Bone tool with serrated edges: One of the significant finds.Pix by M.A. Pushpa Kumara

Thereafter, the different experts will check the specimens, it is understood.Picking out a tiny bone tool which is smaller than 4cms, Dr. Perera is quick to point out that Pahiyangala humans had even serrated its edge, like the bread knives that we use today.
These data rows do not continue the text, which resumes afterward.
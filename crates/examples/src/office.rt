//! What the examples share. The lattices: kinds of data with their states, and purposes; stores and roles are ladders of two.
use lattice::{Ladder, Pair, Refusal, Scheme, Table};
use policy::Verdict;
use runs::Call;

pub type Office = Scheme<Ladder, Table, Ladder, Pair<Table, Ladder>>;

// Nothing, two that are unrelated, and anything. The program week has the same rows and words: it is no library, and lends nothing.
const DIAMOND: [u64; 4] = [0b1111, 0b1010, 0b1100, 0b1000];

pub fn office() -> Result<Office, Refusal> {
    Ok(Scheme {
        store: Ladder::two(),
        purpose: Table::try_from(&DIAMOND[..])?,
        role: Ladder::two(),
        types: Pair {
            first: Table::try_from(&DIAMOND[..])?,
            second: Ladder::new(3)?,
        },
    })
}

/// No full reader identity for adverts, except coarse.
pub const ADVERTS: [u32; 8] = [
    0x2000_0000,
    0x3100_0002,
    0x3300_0002,
    0x4000_0000,
    0x1000_0000,
    0x3300_0001,
    0x5000_0000,
    0x5000_0000,
];

/// Anything, except reader identity and page turns together in full.
pub const TOGETHER: [u32; 7] = [
    0x1000_0000,
    0x4000_0000,
    0x2000_0000,
    0x3300_0002,
    0x3300_0004,
    0x5000_0000,
    0x5000_0000,
];

pub fn passed(clause: usize) -> Verdict {
    Verdict {
        passed: true,
        clause,
        evidence: 0,
    }
}

pub fn refused(clause: usize, evidence: u64) -> Verdict {
    Verdict {
        passed: false,
        clause,
        evidence,
    }
}

/// A node with nothing declared.
pub const ENTER: Call = Call::Enter {
    store: 0,
    purpose: 0,
    role: 0,
};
A few more salient points that he deals with are the “behaviours” similar to modern humans. “They had technology in the form of microlithic tools, ornaments such as beads, red ochre pigment perhaps playing a symbolic role, trade with distant places and burial practices.”
With more in-depth study and testing of the findings, the secrets surrounding the Pahiyangala human will be uncovered. Then the truth about the role Sri Lanka played in Prehistoric times may be confirmed.

 

Finds since 2007

Excavations at Pahiyangala since 2007 have also brought forth:

  • Technology that confirms the Mesolithic identity of the inhabitants – geometric microlithic stone tools (usually found rarely, less than one in 100,000 in Sri Lanka) – these would have been used for hunting, butchering, skinning and processing of animals. These microlithic tools were minute geometric-shaped quarts.
  • The Balangoda freepoint identified by Dr. Nimal Perera.
  •  Food habits – that they ate anything which walked, crawled or slithered, ranging from elephants to rhinos to pythons to lizards to molluscs to both fresh water and marine fish. But it was not all meat and fish but also a balanced diet that they consumed including lots of yams, wild breadfruit and Canarium nuts (kekuna). During the excavations begun in February, the researchers have come across shells of land and salt-lagoon snails and bones and other traces of animals, some extinct not only from the area but also from Sri Lanka such as rhinoceros and tigers. Elephant (the teeth of a baby), three types of deer and also leopard are among the other finds. An interesting facet has been the identification of salt-lagoon snails and Tiger-shark teeth. Meanwhile, coprolite (fossilized dung) found at Pahiyangala had been sent to England for testing and found to be that of a carnivore.
  •  Cultural leanings – the fact that Mesolithic Man was into the arts is obvious, from the use of red ochre as well as graphite for decorative purposes.